Problem to solve:
Look through the material below. Return exactly the lines from the one with "other.joints = Vec::from_slice(alloc, &board.joints)?;" through the one with "let to = other.place(y, x);", both included.

=== Begin Enclosure ===

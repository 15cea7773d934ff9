//! Seams: of each column one cell, at like heights in neighbouring ones, which are cut out together.
use crate::board::Board;
use crate::tile::Piece;
use bt_parts::{DIRS, Dir};
use bt_random::Random;
use std::alloc::{AllocError, Global};

/// What cutting out a cell or going past a neighbour costs that is to be laid anew.
const DAMAGE: u64 = 8;

/// Chance adds less than this to what a cell costs, so that seams differ.
const CHANCE: usize = 5;

/// What can't be cut out costs so much.
const NEVER: u64 = 1 << 32;

/// How much higher or lower the seam may lie in the next column.
const STEEPEST: usize = 2;

/// What cutting out a cell costs: the more, the more is to be laid anew, and `NEVER` for ends and halves of splitters.
fn cost(board: &Board, place: usize) -> u64 {
    let tile = board.tile(place);
    if tile.is_end || tile.piece.is_half() {
        return NEVER;
    }
    match tile.piece {
        Piece::Empty => 0,
        Piece::Belt(dir) if tile.from == Some(dir) => 1,
        Piece::Belt(_) => DAMAGE,
        _ => DAMAGE * 2,
    }
}

/// What it costs that a seam passes between a cell and its neighbour to the east, by the chains that lead across and a
/// splitter that stands on both.
fn link(board: &Board, x: usize, y: usize) -> u64 {
    let place = board.place(x, y);
    let Some(next) = board.ahead(place, Dir::East) else {
        return 0;
    };
    let (tile, other) = (board.tile(place), board.tile(next));
    let mut links = 0u64;
    for chain in &[
        tile.out(Dir::East),
        other.out(Dir::West),
        tile.down(Dir::East),
        other.down(Dir::West),
    ] {
        if chain.is_some() {
            links = links.saturating_add(DAMAGE);
        }
    }
    let spans = match tile.piece {
        Piece::Lesser(Dir::North) | Piece::Lesser(Dir::South) => true,
        _ => false,
    };
    if spans {
        links = links.saturating_add(DAMAGE * 3);
    }
    links
}

/// What it costs to go on from a height in column `x` to another in the next column.
fn step(board: &Board, x: usize, one: usize, other: usize) -> u64 {
    if one == other {
        return 0;
    }
    let mut sum = 0u64;
    for y in one.min(other)..one.max(other).saturating_add(1) {
        sum = sum.saturating_add(link(board, x, y));
    }
    sum
}

/// The cheapest seams that end in each cell of a column.
#[derive(Drop)]
struct Front {
    costs: Vec<u64>,
    /// For each cell of each column, the height in the column before.
    before: Vec<usize>,
}

impl Front {
    /// What the cheapest seam costs that comes to a height in column `x`, without its cell, and its height in the
    /// column before.
    fn best(&self, board: &Board, x: usize, y: usize) -> (u64, usize) {
        let mut best = (u64::MAX, y);
        let last = y
            .saturating_add(STEEPEST)
            .saturating_add(1)
            .min(board.height);
        for from in y.saturating_sub(STEEPEST)..last {
            let cost = self.costs.get(from).copied().unwrap_or(NEVER);
            let sum = cost.saturating_add(step(board, x.saturating_sub(1), from, y));
            if sum < best.0 {
                best = (sum, from);
            }
        }
        best
    }

    /// Goes on to column `x`.
    fn advance(
        &mut self,
        alloc: Global,
        board: &Board,
        x: usize,
        random: &mut Random,
    ) -> Result<(), AllocError> {
        let mut costs = Vec::new(alloc);
        for y in 0..board.height {
            let (sum, from) = if x == 0 {
                (0, y)
            } else {
                self.best(board, x, y)
            };
            self.before.push(from)?;
            let chance = random.below(CHANCE) as u64;
            costs.push(
                sum.saturating_add(cost(board, board.place(x, y)))
                    .saturating_add(chance),
            )?;
        }
        self.costs = costs;
        Ok(())
    }
}

/// A seam of little damage: of each column a height. None where there is none.
pub fn seam(
    alloc: Global,
    board: &Board,
    random: &mut Random,
) -> Result<Option<Vec<usize>>, AllocError> {
    let mut front = Front {
        costs: Vec::new(alloc),
        before: Vec::new(alloc),
    };
    for x in 0..board.width {
        front.advance(alloc, board, x, random)?;
    }
    let mut best = (NEVER, 0usize);
    for (y, cost) in front.costs.iter().enumerate() {
        if *cost < best.0 {
            best = (*cost, y);
        }
    }
    if best.0 >= NEVER {
        return Ok(None);
    }
    let mut heights = vec![in alloc; 0usize; board.width]?;
    let mut y = best.1;
    for back in 0..board.width {
        let x = board.width.saturating_sub(1).saturating_sub(back);
        if let Some(height) = heights.get_mut(x) {
            *height = y;
        }
        let place = x.saturating_mul(board.height).saturating_add(y);
        y = front.before.get(place).copied().unwrap_or(y);
    }
    Ok(Some(heights))
}

/// The board without a seam: in each column the cells below it move up by one.
pub fn without(alloc: Global, board: &Board, heights: &[usize]) -> Result<Board, AllocError> {
    let height = board.height.saturating_sub(1);
    let mut left = Board::bare(alloc, board.width, height, board.tier)?;
    left.joints = Vec::from_slice(alloc, &board.joints)?;
    left.chains = board.chains;
    for x in 0..board.width {
        let cut = heights.get(x).copied().unwrap_or(0);
        for y in 0..height {
            let from = if y < cut { y } else { y.saturating_add(1) };
            let place = left.place(x, y);
            if let Some(tile) = left.tiles.get_mut(place) {
                *tile = board.tile(board.place(x, from));
            }
        }
    }
    Ok(left)
}

/// A direction where rows and columns are exchanged.
fn turned_dir(dir: Dir) -> Dir {
    match dir {
        Dir::North => Dir::West,
        Dir::East => Dir::South,
        Dir::South => Dir::East,
        Dir::West => Dir::North,
    }
}

/// A piece where rows and columns are exchanged.
fn turned_piece(piece: Piece) -> Piece {
    match piece {
        Piece::Empty => Piece::Empty,
        Piece::Belt(dir) => Piece::Belt(turned_dir(dir)),
        Piece::Entrance(dir) => Piece::Entrance(turned_dir(dir)),
        Piece::Exit(dir) => Piece::Exit(turned_dir(dir)),
        Piece::Lesser(dir) => Piece::Lesser(turned_dir(dir)),
        Piece::Greater(dir) => Piece::Greater(turned_dir(dir)),
    }
}

/// The board with rows and columns exchanged.
pub fn turned(alloc: Global, board: &Board) -> Result<Board, AllocError> {
    let mut other = Board::bare(alloc, board.height, board.width, board.tier)?;
    other.joints = Vec::from_slice(alloc, &board.joints)?;
    other.chains = board.chains;
    for place in 0..board.tiles.len() {
        let (x, y) = board.spot(place);
        let mut tile = board.tile(place);
        let below = tile.below;
        tile.piece = turned_piece(tile.piece);
        tile.from = tile.from.map(turned_dir);
        for dir in &DIRS {
            tile.below.put(turned_dir(*dir), below.get(*dir));
        }
        let to = other.place(y, x);
        if let Some(old) = other.tiles.get_mut(to) {
            *old = tile;
        }
    }
    Ok(other)
}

=== End Enclosure ===

Written response:
    other.joints = Vec::from_slice(alloc, &board.joints)?;
    other.chains = board.chains;
    for place in 0..board.tiles.len() {
        let (x, y) = board.spot(place);
        let mut tile = board.tile(place);
        let below = tile.below;
        tile.piece = turned_piece(tile.piece);
        tile.from = tile.from.map(turned_dir);
        for dir in &DIRS {
            tile.below.put(turned_dir(*dir), below.get(*dir));
        }
        let to = other.place(y, x);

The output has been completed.